*Brief*
Go through the entries and copy every line that has the string "outputs" in it.

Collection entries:
^^^^^^^^^^^^^^^^

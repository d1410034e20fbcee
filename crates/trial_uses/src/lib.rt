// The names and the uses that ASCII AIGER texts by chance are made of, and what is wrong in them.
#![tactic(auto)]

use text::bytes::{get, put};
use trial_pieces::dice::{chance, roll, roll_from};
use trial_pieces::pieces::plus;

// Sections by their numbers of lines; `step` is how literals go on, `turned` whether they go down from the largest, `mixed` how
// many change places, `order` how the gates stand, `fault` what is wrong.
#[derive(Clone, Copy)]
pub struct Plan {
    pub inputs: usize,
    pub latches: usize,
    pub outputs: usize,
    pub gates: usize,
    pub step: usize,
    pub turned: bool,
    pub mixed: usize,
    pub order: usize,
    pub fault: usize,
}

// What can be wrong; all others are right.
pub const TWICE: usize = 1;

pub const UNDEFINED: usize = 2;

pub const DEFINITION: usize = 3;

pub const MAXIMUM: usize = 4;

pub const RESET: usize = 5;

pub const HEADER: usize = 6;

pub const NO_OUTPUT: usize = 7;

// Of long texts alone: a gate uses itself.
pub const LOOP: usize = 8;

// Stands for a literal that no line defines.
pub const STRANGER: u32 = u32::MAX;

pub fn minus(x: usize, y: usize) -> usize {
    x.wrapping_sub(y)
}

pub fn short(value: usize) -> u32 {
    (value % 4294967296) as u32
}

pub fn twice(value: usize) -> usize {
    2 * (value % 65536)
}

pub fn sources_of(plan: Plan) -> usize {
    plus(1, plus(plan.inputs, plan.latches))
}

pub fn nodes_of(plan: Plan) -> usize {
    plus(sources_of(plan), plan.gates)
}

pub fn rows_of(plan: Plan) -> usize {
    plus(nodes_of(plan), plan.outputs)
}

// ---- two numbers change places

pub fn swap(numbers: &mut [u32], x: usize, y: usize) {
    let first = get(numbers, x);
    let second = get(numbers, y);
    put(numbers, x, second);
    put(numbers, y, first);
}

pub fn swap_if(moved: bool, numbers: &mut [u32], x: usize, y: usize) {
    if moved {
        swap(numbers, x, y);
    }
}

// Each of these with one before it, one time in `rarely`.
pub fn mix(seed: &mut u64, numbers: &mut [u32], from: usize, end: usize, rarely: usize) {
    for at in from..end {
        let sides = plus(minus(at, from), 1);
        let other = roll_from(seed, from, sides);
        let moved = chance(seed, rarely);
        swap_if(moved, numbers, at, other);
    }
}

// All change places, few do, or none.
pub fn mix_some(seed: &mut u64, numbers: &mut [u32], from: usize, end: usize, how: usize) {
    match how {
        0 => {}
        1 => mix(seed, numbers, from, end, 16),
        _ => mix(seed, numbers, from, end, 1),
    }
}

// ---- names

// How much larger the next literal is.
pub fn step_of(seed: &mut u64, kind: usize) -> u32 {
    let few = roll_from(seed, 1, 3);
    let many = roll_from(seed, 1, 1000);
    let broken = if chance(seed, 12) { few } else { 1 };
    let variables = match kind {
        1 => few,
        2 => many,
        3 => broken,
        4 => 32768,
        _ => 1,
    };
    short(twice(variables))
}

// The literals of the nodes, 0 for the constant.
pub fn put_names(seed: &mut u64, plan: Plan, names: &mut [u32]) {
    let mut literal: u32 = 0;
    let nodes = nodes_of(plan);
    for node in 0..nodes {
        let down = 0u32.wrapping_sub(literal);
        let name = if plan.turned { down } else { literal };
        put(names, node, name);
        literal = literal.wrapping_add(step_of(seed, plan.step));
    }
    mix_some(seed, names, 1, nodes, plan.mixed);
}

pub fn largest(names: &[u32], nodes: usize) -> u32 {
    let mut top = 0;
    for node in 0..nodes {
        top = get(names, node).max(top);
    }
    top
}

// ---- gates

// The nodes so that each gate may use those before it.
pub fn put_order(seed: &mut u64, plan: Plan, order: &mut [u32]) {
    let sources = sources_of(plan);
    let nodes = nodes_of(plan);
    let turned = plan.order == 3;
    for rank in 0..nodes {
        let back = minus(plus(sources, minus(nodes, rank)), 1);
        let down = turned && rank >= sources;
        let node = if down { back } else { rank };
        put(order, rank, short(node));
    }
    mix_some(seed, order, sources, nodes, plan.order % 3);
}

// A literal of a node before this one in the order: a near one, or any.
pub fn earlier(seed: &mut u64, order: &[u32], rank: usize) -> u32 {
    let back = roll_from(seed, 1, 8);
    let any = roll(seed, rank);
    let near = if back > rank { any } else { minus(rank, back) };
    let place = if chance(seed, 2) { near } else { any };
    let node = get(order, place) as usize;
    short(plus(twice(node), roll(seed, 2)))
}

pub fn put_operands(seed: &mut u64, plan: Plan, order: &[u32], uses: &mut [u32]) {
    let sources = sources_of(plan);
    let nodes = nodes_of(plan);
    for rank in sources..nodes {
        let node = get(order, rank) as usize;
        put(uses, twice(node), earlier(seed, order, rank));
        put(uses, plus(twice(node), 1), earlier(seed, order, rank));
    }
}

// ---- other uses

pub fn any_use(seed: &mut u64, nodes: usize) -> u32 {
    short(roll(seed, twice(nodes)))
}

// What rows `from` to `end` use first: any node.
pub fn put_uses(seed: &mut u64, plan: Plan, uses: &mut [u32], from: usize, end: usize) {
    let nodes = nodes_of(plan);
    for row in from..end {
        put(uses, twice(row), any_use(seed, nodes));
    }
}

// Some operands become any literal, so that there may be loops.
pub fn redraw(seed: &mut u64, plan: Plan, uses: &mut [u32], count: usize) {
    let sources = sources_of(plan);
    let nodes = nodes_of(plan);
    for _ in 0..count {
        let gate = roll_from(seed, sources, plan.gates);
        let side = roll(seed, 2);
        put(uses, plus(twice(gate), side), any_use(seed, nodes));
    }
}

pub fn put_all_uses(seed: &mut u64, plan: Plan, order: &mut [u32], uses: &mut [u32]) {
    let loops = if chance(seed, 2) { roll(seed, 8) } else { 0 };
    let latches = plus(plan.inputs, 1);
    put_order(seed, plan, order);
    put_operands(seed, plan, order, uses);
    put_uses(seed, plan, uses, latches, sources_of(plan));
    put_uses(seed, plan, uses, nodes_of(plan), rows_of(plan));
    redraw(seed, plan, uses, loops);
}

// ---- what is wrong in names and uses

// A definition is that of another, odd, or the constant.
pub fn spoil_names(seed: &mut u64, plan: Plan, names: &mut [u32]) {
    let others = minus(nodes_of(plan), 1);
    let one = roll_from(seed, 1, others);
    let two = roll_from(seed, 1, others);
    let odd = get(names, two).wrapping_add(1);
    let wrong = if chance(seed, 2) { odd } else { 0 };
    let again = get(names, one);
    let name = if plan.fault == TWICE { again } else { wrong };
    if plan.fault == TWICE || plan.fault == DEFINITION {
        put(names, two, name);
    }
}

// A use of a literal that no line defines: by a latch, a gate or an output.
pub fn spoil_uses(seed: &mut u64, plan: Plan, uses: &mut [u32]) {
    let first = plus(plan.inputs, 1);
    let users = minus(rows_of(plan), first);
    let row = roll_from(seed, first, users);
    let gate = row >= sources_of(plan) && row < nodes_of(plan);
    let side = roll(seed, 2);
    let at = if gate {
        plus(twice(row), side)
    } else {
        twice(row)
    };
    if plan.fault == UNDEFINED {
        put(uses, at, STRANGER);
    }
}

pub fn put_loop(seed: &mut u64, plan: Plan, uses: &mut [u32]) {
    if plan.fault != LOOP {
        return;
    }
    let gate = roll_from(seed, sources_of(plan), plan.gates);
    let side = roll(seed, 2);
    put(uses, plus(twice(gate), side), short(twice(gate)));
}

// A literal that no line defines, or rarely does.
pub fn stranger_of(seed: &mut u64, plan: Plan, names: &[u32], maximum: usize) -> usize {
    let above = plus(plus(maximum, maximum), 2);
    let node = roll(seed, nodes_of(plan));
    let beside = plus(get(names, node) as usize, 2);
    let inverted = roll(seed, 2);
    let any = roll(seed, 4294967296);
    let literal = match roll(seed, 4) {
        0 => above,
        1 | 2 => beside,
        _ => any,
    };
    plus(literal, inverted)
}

^^^^^^^^^^^^^^^^

*Task solution*
    pub outputs: usize,
    plus(nodes_of(plan), plan.outputs)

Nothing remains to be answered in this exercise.